== SUPPLIED MATERIAL

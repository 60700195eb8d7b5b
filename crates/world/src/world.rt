// The world: the seats of one log, each at its desk, and the call that replays a list of calls in it.
ghost use Rattle.std.specs.Prelude.{◌≡◌, length};
ghost use Rattle.agreement.specs.History.{History};
ghost use Rattle.agreement.specs.Laws.{LawsOfSeats};
ghost use Rattle.agreement.specs.Run.{Run};
ghost use Rattle.agreement.specs.Setting.{Lawful, Setting};
ghost use Rattle.agreement.specs.Theorem.{Agreement, Agrees};
ghost use Rattle.world.specs.Making.{CanBegin};
ghost use Rattle.world.specs.Replaying.{Ended, Played};
ghost use Rattle.world.specs.Worlds.{Rules, Stands, played};

use crate::call::{Call, Replayed};
use crate::desk::Desk;
use crate::replaying::play;
use content::kind::Content;
use rota::leaders::Rota;
use seals::check::SealCheck;
use std::alloc::Global;

// Replays a list of calls in a world: the seats of one log by their numbers, from 0 on, each at its desk. Every seat and every
// answer is the model's, as far as memory goes; and over every run, this list or any other, sound seats agree. Which seats are
// sound is for the theorem to say: what the others send is handed in like any bytes.
pub fn replay<const L: usize, const S: usize, C: Content<L>, Q: Rota, K: SealCheck<S>>(
    heap: Global,
    world: &mut [Desk<L, S, C>],
    rota: &Q,
    check: &mut K,
    calls: &[Call<'_>],
) -> Replayed
    ensures world { (w : Setting) (h : History) → Rules w (Q.Rota.leads rota.now) (K.SealCheck.accepts check.old) → Stands C.Content.kind w h world.old → Played C.Content.kind w (length result.replies.items) calls.now h (length world.old) world.new result.replies.items }
    ensures begins { CanBegin C.Content.kind (Q.Rota.leads rota.now) (K.SealCheck.accepts check.old) world.old }
    ensures ended { Ended result.ended (length result.replies.items) (length calls.now) }
    ensures check { K.SealCheck.accepts check.new ≡ K.SealCheck.accepts check.old }
    ensures agreement { (w : Setting) (h : History) → Lawful w → Run S C.Content.kind w (played calls.now h) → Agrees S C.Content.kind w (played calls.now h) }
    ensures always { Agreement S C.Content.kind }
    ensures laws { LawsOfSeats S C.Content.kind }
{
    let mut replies = Vec::new(heap);
    let ended = play::<L, S, C, Q, K>(heap, world, rota, check, calls, &mut replies);
    Replayed { replies, ended }
}
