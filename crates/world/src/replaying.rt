// Replaying a list of calls at the desks of a world.
ghost use Rattle.std.specs.Prelude.{◌≡◌, [], length, IfErr};
ghost use Rattle.content.specs.declared.refusal.Refusal.TheVariants.{NoMemory};
ghost use Rattle.agreement.specs.History.{History};
ghost use Rattle.agreement.specs.Setting.{Setting};
ghost use Rattle.world.specs.Replaying.{Counted, Ended, Played, Stepped};
ghost use Rattle.world.specs.Worlds.{Rules, Stands};

use crate::call::{Call, Reply};
use crate::desk::Desk;
use crate::performing::call_at;
use content::kind::Content;
use content::refusal::Refusal;
use rota::leaders::Rota;
use seals::check::SealCheck;
use std::alloc::{AllocError, Global};

// What a call says where memory is wanting. It is not a From of Refusal, since `content` knows no allocator.
fn no_memory(_: AllocError) -> Refusal
    ensures { result ≡ NoMemory }
{
    Refusal::NoMemory
}

// Makes one call, and keeps its reply. Memory is asked for first: where there is none, nothing is done.
pub fn step<const L: usize, const S: usize, C: Content<L>, Q: Rota, K: SealCheck<S>>(
    heap: Global,
    desks: &mut [Desk<L, S, C>],
    rota: &Q,
    check: &mut K,
    call: Call<'_>,
    replies: &mut Vec<Reply>,
) -> Result<(), Refusal>
    ensures does { (w : Setting) (h : History) → Rules w (Q.Rota.leads rota.now) (K.SealCheck.accepts check.old) → Stands C.Content.kind w h desks.old → Stepped C.Content.kind w call.entry h desks.old replies.old.items result desks.new replies.new.items }
    ensures counts { Counted result (length replies.old.items) (length replies.new.items) }
    ensures memory { IfErr result (λ e. e ≡ NoMemory) }
    ensures check { K.SealCheck.accepts check.new ≡ K.SealCheck.accepts check.old }
{
    let mut outbox = vec![in heap; 0; call.room].map_err(no_memory)?;
    replies.reserve(1).map_err(no_memory)?;
    let answer = call_at::<L, S, C, Q, K>(
        desks,
        rota,
        check,
        call.seat,
        call.what,
        outbox.as_mut_slice(),
    );
    replies.push_reserved(Reply { answer, outbox });
    Ok(())
}

// Makes these calls in their order, as far as memory goes, and keeps the replies, of which there are none before.
pub fn play<const L: usize, const S: usize, C: Content<L>, Q: Rota, K: SealCheck<S>>(
    heap: Global,
    desks: &mut [Desk<L, S, C>],
    rota: &Q,
    check: &mut K,
    calls: &[Call<'_>],
    replies: &mut Vec<Reply>,
) -> Result<(), Refusal>
    requires { replies.old.items ≡ [] }
    ensures does { (w : Setting) (h : History) → Rules w (Q.Rota.leads rota.now) (K.SealCheck.accepts check.old) → Stands C.Content.kind w h desks.old → Played C.Content.kind w (length replies.new.items) calls.now h (length desks.old) desks.new replies.new.items }
    ensures ended { Ended result (length replies.new.items) (length calls.now) }
    ensures check { K.SealCheck.accepts check.new ≡ K.SealCheck.accepts check.old }
{
    for call in calls {
        step::<L, S, C, Q, K>(heap, desks, rota, check, *call, replies)?;
    }
    Ok(())
}
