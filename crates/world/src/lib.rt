// A world of seats, each with its own shelf, and the call that replays a list of calls in it.
#![tactic(auto)]

pub mod call;
pub mod desk;
pub mod making;
mod performing;
mod replaying;
mod shelved;
mod working;
pub mod world;
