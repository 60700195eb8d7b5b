// One seat with the cells of its shelf, and the slip that is out.
use blocks::block::Block;
use content::kind::Content;
use seat::seat::Seat;
use seat::slip::Slip;

pub struct Desk<const L: usize, const S: usize, C: Content<L>> {
    pub(crate) cells: Vec<Block<C::Record>>,
    // how many of the cells are blocks; counted beside them, since the shelf of a call stands over cells that are lent to it
    pub(crate) filled: usize,
    pub(crate) slip: Option<Slip>,
    pub(crate) seat: Seat<L, S, C>,
}

impl<const L: usize, const S: usize, C: Content<L>> Drop for Desk<L, S, C> {
    // A slip that is out is taken back before the seat is let go.
    fn drop(self) {
        let Desk {
            cells,
            filled: _,
            slip,
            mut seat,
        } = self;
        if let Some(slip) = slip {
            seat.sent(slip);
        }
        drop(cells);
    }
}
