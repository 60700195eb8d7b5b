// Calls at the seats of a world, and what they answer.
use content::refusal::Refusal;
use state::answer::Answer;

// One of the four calls, with the bytes that it is given.
#[derive(Clone, Copy)]
pub enum What<'c> {
    // a message is handed in
    HandIn(&'c [u8]),
    Tick,
    // an entry is offered
    Offer(&'c [u8]),
    // the slip is given back
    Sent,
}

// A call at the seat of a number, with an outbox of so many bytes.
#[derive(Clone, Copy)]
pub struct Call<'c> {
    pub seat: u8,
    pub what: What<'c>,
    pub room: usize,
}

// What a call answered, and its outbox after it, which held zeros before.
#[derive(Drop)]
pub struct Reply {
    pub answer: Result<Answer, Refusal>,
    pub outbox: Vec<u8>,
}

// What became of a list of calls: the replies to those that were made and, where memory did not suffice for all, the refusal.
#[derive(Drop)]
pub struct Replayed {
    pub replies: Vec<Reply>,
    pub ended: Result<(), Refusal>,
}
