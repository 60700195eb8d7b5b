// Calls of a seat on cells of which the first so many are its blocks. They are no part of the calls at a desk: in a function
// that lends a desk's cells, nothing is known of the cells after a shelf over them is let go.
ghost use Rattle.std.specs.Prelude.{◌≡◌, ◌≤◌, length, take, if◌then◌else◌};
ghost use Rattle.shelf.specs.Cells.{can_take, empty_over, with_filled};
ghost use Rattle.state.specs.Calls.{hand_in, tick};
ghost use Rattle.seat.specs.Called.{Called};

use blocks::block::Block;
use content::kind::Content;
use content::refusal::Refusal;
use rota::leaders::Rota;
use seals::check::SealCheck;
use seat::seat::Seat;
use seat::slip::Slip;
use shelf::Shelf;
use state::answer::Answer;

// A shelf over these cells, of which the first so many are its blocks; none are, where there are not that many.
fn shelf_over<R: Copy>(cells: &mut [Block<R>], filled: usize) -> Shelf<'_, R>
    ensures { result ≡ (if can_take (empty_over cells.entry) filled then with_filled (empty_over cells.entry) filled else empty_over cells.entry) }
{
    let mut shelf = Shelf::new(cells);
    let _ = shelf.take_filled(filled);
    shelf
}

// Hands a message in; answers also how many of the cells are blocks then.
pub fn hand_in<const L: usize, const S: usize, C: Content<L>, Q: Rota, K: SealCheck<S>>(
    seat: &mut Seat<L, S, C>,
    cells: &mut [Block<C::Record>],
    filled: usize,
    rota: &Q,
    check: &mut K,
    inbox: &[u8],
    outbox: &mut [u8],
) -> (Result<(Answer, Slip), Refusal>, usize)
    ensures call { filled ≤ length cells.old → Called C.Content.kind (hand_in C.Content.kind seat.old.terms (Q.Rota.leads rota.now) (K.SealCheck.accepts check.old) seat.old.state (take filled cells.old) (length cells.old) inbox.now (length outbox.old)) seat.old.state (take filled cells.old) outbox.old result.0 seat.new.state (take result.1 cells.new) outbox.new }
    ensures filled { result.1 ≤ length cells.new }
    ensures terms { seat.new.terms ≡ seat.old.terms }
    ensures check { K.SealCheck.accepts check.new ≡ K.SealCheck.accepts check.old }
{
    let mut shelf = shelf_over(cells, filled);
    let outcome = seat.hand_in(&mut shelf, rota, check, inbox, outbox);
    (outcome, shelf.len())
}

// One tick; the cells stay as they are.
pub fn tick<const L: usize, const S: usize, C: Content<L>>(
    seat: &mut Seat<L, S, C>,
    cells: &mut [Block<C::Record>],
    filled: usize,
    outbox: &mut [u8],
) -> Result<(Answer, Slip), Refusal>
    ensures call { filled ≤ length cells.old → Called C.Content.kind (tick seat.old.terms seat.old.state (take filled cells.old) (length outbox.old)) seat.old.state (take filled cells.old) outbox.old result seat.new.state (take filled cells.new) outbox.new }
    ensures cells { cells.new ≡ cells.old }
    ensures terms { seat.new.terms ≡ seat.old.terms }
{
    seat.tick(&shelf_over(cells, filled), outbox)
}
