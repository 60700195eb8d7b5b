// Calls at a desk.
ghost use Rattle.std.specs.Prelude.{◌≡◌, length};
ghost use Rattle.state.specs.Calls.{hand_in, offer, tick};
ghost use Rattle.world.specs.Desks.{Freed, Settled, SlipKept, Tidy, Worked, blocks_of, cells_of};

use crate::desk::Desk;
use crate::shelved::{hand_in, tick as tick_over};
use content::kind::Content;
use content::refusal::Refusal;
use rota::leaders::Rota;
use seals::check::SealCheck;
use seat::slip::Slip;
use state::answer::Answer;

impl<const L: usize, const S: usize, C: Content<L>> Desk<L, S, C> {
    // Keeps a slip. A seat with a slip out gives none, so there is no older one; were there one, it would be taken back.
    fn keep(&mut self, slip: Slip)
        ensures { SlipKept self.old self.new }
    {
        if let Some(old) = self.slip.replace(slip) {
            self.seat.sent(old);
        }
    }

    // Keeps the slip of a call that was carried out.
    fn settle(&mut self, outcome: Result<(Answer, Slip), Refusal>) -> Result<Answer, Refusal>
        ensures { Settled outcome self.old result self.new }
    {
        let (answer, slip) = outcome?;
        self.keep(slip);
        Ok(answer)
    }

    // Hands a message in at this desk.
    pub fn hand_in<Q: Rota, K: SealCheck<S>>(
        &mut self,
        rota: &Q,
        check: &mut K,
        inbox: &[u8],
        outbox: &mut [u8],
    ) -> Result<Answer, Refusal>
        ensures work { Tidy self.old → Worked C.Content.kind (hand_in C.Content.kind self.old.seat.terms (Q.Rota.leads rota.now) (K.SealCheck.accepts check.old) self.old.seat.state (blocks_of self.old) (cells_of self.old) inbox.now (length outbox.old)) self.old outbox.old result self.new outbox.new }
        ensures check { K.SealCheck.accepts check.new ≡ K.SealCheck.accepts check.old }
    {
        let (outcome, filled) = hand_in::<L, S, C, Q, K>(
            &mut self.seat,
            self.cells.as_mut_slice(),
            self.filled,
            rota,
            check,
            inbox,
            outbox,
        );
        self.filled = filled;
        self.settle(outcome)
    }

    // One tick at this desk.
    pub fn tick(&mut self, outbox: &mut [u8]) -> Result<Answer, Refusal>
        ensures { Tidy self.old → Worked C.Content.kind (tick self.old.seat.terms self.old.seat.state (blocks_of self.old) (length outbox.old)) self.old outbox.old result self.new outbox.new }
    {
        let outcome = tick_over::<L, S, C>(
            &mut self.seat,
            self.cells.as_mut_slice(),
            self.filled,
            outbox,
        );
        self.settle(outcome)
    }

    // Offers an entry at this desk.
    pub fn offer<Q: Rota>(
        &mut self,
        rota: &Q,
        content: &[u8],
        outbox: &mut [u8],
    ) -> Result<Answer, Refusal>
        ensures { Tidy self.old → Worked C.Content.kind (offer C.Content.kind self.old.seat.terms (Q.Rota.leads rota.now) self.old.seat.state (blocks_of self.old) content.now (length outbox.old)) self.old outbox.old result self.new outbox.new }
    {
        let outcome = self.seat.offer(rota, content, outbox);
        self.settle(outcome)
    }

    // Gives the slip back, if one is out.
    pub fn sent(&mut self)
        ensures { Tidy self.old → Freed self.old self.new }
    {
        if let Some(slip) = self.slip.take() {
            self.seat.sent(slip);
        }
    }
}
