//! Makes values from other values: texts from bytes, and shareable texts and submissions from plain ones.

use super::heap::{Call, check_rising, narrow, widen};
use super::texts::SMALL;
use super::wrappers::{bytes, read, read_packed, shared, shared_packed, shared_text};
use super::{check_bytes, made};
use bumpalo::Bump;
use std::process::Abort;
use std::test::*;

/// Makes a text from bytes.
fn text_of(rt: &impl Abort, heap: &Bump, room: usize) -> bool {
    narrow(rt, heap, room);
    let first = bytes(heap, SMALL);
    widen(heap);
    let (text, is_refused) = match first {
        Ok(text) => (text, false),
        Err(_refused) => (made(rt, bytes(heap, SMALL)), true),
    };
    check_bytes(rt, text.get(), SMALL);
    is_refused
}

/// Makes a text shareable. A failed allocation drops the text, so the second try uses another one.
fn text_shared(rt: &impl Abort, heap: &Bump, room: usize) -> bool {
    let text = made(rt, bytes(heap, SMALL));
    let again = made(rt, bytes(heap, SMALL));
    narrow(rt, heap, room);
    let first = shared_text(heap, text);
    widen(heap);
    let (text, is_refused) = match first {
        Ok(text) => (text, false),
        Err(_refused) => (made(rt, shared_text(heap, again)), true),
    };
    check_bytes(rt, text.get().get(), SMALL);
    is_refused
}

/// Makes a submission shareable. A failed allocation drops the submission, so the second try uses another one.
fn submission_shared(rt: &impl Abort, heap: &Bump, room: usize) -> bool {
    let given = made(rt, read(heap, SMALL));
    let again = made(rt, read(heap, SMALL));
    narrow(rt, heap, room);
    let first = shared(heap, given);
    widen(heap);
    let (given, is_refused) = match first {
        Ok(given) => (given, false),
        Err(_refused) => (made(rt, shared(heap, again)), true),
    };
    assert_eq!(rt; (given.get().items(), given.get().odd()), (2, 0));
    is_refused
}

/// Makes a packed submission shareable. A failed allocation drops the submission, so the second try uses another one.
fn packed_shared(rt: &impl Abort, heap: &Bump, room: usize) -> bool {
    let given = made(rt, read_packed(heap, SMALL));
    let again = made(rt, read_packed(heap, SMALL));
    narrow(rt, heap, room);
    let first = shared_packed(heap, given);
    widen(heap);
    let (given, is_refused) = match first {
        Ok(given) => (given, false),
        Err(_refused) => (made(rt, shared_packed(heap, again)), true),
    };
    assert_eq!(rt; (given.get().items(), given.get().odd()), (2, 0));
    is_refused
}

/// A value that is made of another one.
#[derive(Clone, Copy)]
pub(super) enum Made {
    Text,
    SharedText,
    SharedSubmission,
    SharedPacked,
}

/// Makes the value with a capacity of `room`, and returns whether an allocation failed.
pub(super) fn is_refused(rt: &impl Abort, heap: &Bump, room: usize, value: Made) -> bool {
    match value {
        Made::Text => text_of(rt, heap, room),
        Made::SharedText => text_shared(rt, heap, room),
        Made::SharedSubmission => submission_shared(rt, heap, room),
        Made::SharedPacked => packed_shared(rt, heap, room),
    }
}

#[test]
fn texts_and_what_is_shared(rt: HostRuntime) {
    check_rising(
        &rt,
        &[
            Call::Value(Made::Text),
            Call::Value(Made::SharedText),
            Call::Value(Made::SharedSubmission),
            Call::Value(Made::SharedPacked),
        ],
    );
}
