//! Appends elements to lists. A failed allocation drops the element, and leaves the list unchanged.

use super::heap::{Call, check_rising, narrow, widen};
use super::made;
use bumpalo::Bump;
use covbook::{Answer, Entries, Entry, JobLog, Logs, Op, Reading, Readings, Receipt, Receipts};
use covdata::{Bytes, Item, Items, Memory, ReadFault, Sect, Sects};
use covtable::Totals;
use covworkers::{Refused, RefusedInput};
use std::alloc::Allocator;
use std::process::Abort;
use std::test::*;

/// A list whose elements each have a number. An element needs no memory of its own.
trait List<A: Allocator + Copy>: Drop {
    /// Appends an element with the number `number`.
    fn put(&mut self, alloc: A, number: u32) -> Result<(), Memory>;

    /// The number of the element at index `at`.
    fn number_at(&self, at: usize) -> Option<u64>;
}

impl<A: Allocator + Copy> List<A> for Items<A> {
    fn put(&mut self, _alloc: A, number: u32) -> Result<(), Memory> {
        self.push(Item::Branch {
            line: u64::from(number),
            block: 0,
            branch: 0,
            taken: None,
        })
    }

    fn number_at(&self, at: usize) -> Option<u64> {
        match self.get().get(at)? {
            Item::Branch { line, .. } => Some(*line),
            Item::Line { .. } | Item::Func { .. } => Some(u64::MAX),
        }
    }
}

/// A section stores no number, so its number is its index.
impl<A: Allocator + Copy> List<A> for Sects<A> {
    fn put(&mut self, alloc: A, _number: u32) -> Result<(), Memory> {
        self.push(Sect {
            test: Bytes::new(alloc),
            file: Bytes::new(alloc),
            items: Items::new(alloc),
        })
    }

    fn number_at(&self, at: usize) -> Option<u64> {
        let _sect = self.get().get(at)?;
        Some(at as u64)
    }
}

impl<A: Allocator + Copy> List<A> for Entries<A> {
    fn put(&mut self, _alloc: A, number: u32) -> Result<(), Memory> {
        self.push(Entry {
            job: number,
            op: Op::Report,
            answer: Answer::NoSuchTest,
            after: Totals::default(),
        })
    }

    fn number_at(&self, at: usize) -> Option<u64> {
        Some(u64::from(self.get().get(at)?.job))
    }
}

impl<A: Allocator + Copy> List<A> for Receipts<A> {
    fn put(&mut self, _alloc: A, number: u32) -> Result<(), Memory> {
        self.push(Receipt {
            place: u64::from(number),
            op: Op::Report,
            answer: Answer::NoSuchTest,
        })
    }

    fn number_at(&self, at: usize) -> Option<u64> {
        Some(self.get().get(at)?.place)
    }
}

impl<A: Allocator + Copy> List<A> for Readings<A> {
    fn put(&mut self, _alloc: A, number: u32) -> Result<(), Memory> {
        self.push(Reading {
            upto: u64::from(number),
            totals: Totals::default(),
        })
    }

    fn number_at(&self, at: usize) -> Option<u64> {
        Some(self.get().get(at)?.upto)
    }
}

impl<A: Allocator + Copy> List<A> for Logs<A> {
    fn put(&mut self, alloc: A, number: u32) -> Result<(), Memory> {
        self.push(JobLog {
            job: number,
            receipts: Receipts::new(alloc),
            readings: Readings::new(alloc),
        })
    }

    fn number_at(&self, at: usize) -> Option<u64> {
        Some(u64::from(self.get().get(at)?.job))
    }
}

impl<A: Allocator + Copy> List<A> for Refused<A> {
    fn put(&mut self, _alloc: A, number: u32) -> Result<(), Memory> {
        self.push(RefusedInput {
            index: number as usize,
            fault: ReadFault::OpenEnd,
        })
    }

    fn number_at(&self, at: usize) -> Option<u64> {
        Some(self.get().get(at)?.index as u64)
    }
}

/// Checks that the list has all numbers below `numbers` in ascending order, and no other element.
fn check_list<A: Allocator + Copy, T: List<A>>(rt: &impl Abort, list: &T, numbers: u32) {
    for number in 0..numbers {
        assert!(rt;
            list.number_at(number as usize) == Some(u64::from(number)),
            "at {number}"
        );
    }
    assert!(rt;
        list.number_at(numbers as usize).is_none(),
        "more than {numbers}"
    );
}

/// Appends nine elements to an empty list, and returns whether an allocation failed. An element that can't be allocated is appended
/// again, with ample capacity.
fn puts<'h, T: List<&'h Bump>>(rt: &impl Abort, heap: &'h Bump, room: usize, mut list: T) -> bool {
    let mut is_refused = false;
    narrow(rt, heap, room);
    for number in 0..9 {
        if list.put(heap, number).is_err() {
            is_refused = true;
            widen(heap);
            check_list(rt, &list, number);
            made(rt, list.put(heap, number));
        }
    }
    check_list(rt, &list, 9);
    is_refused
}

/// A type of lists.
#[derive(Clone, Copy)]
pub(super) enum Listed {
    Items,
    Sects,
    Entries,
    Receipts,
    Readings,
    Logs,
    Refused,
}

/// Appends to a list with a capacity of `room`, and returns whether an allocation failed.
pub(super) fn is_refused(rt: &impl Abort, heap: &Bump, room: usize, listed: Listed) -> bool {
    match listed {
        Listed::Items => puts(rt, heap, room, Items::new(heap)),
        Listed::Sects => puts(rt, heap, room, Sects::new(heap)),
        Listed::Entries => puts(rt, heap, room, Entries::new(heap)),
        Listed::Receipts => puts(rt, heap, room, Receipts::new(heap)),
        Listed::Readings => puts(rt, heap, room, Readings::new(heap)),
        Listed::Logs => puts(rt, heap, room, Logs::new(heap)),
        Listed::Refused => puts(rt, heap, room, Refused::new(heap)),
    }
}

#[test]
fn lists(rt: HostRuntime) {
    check_rising(
        &rt,
        &[
            Call::List(Listed::Items),
            Call::List(Listed::Sects),
            Call::List(Listed::Entries),
            Call::List(Listed::Receipts),
            Call::List(Listed::Readings),
            Call::List(Listed::Logs),
            Call::List(Listed::Refused),
        ],
    );
}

====

## TASK REQUIREMENTS
Go through the records and report each line that contains "Worlds".

## SOLUTION FOR THIS EXERCISE
ghost use Rattle.world.specs.Worlds.{Rules, Stands, played};
ghost use Rattle.world.specs.Worlds.{Rules, Stands};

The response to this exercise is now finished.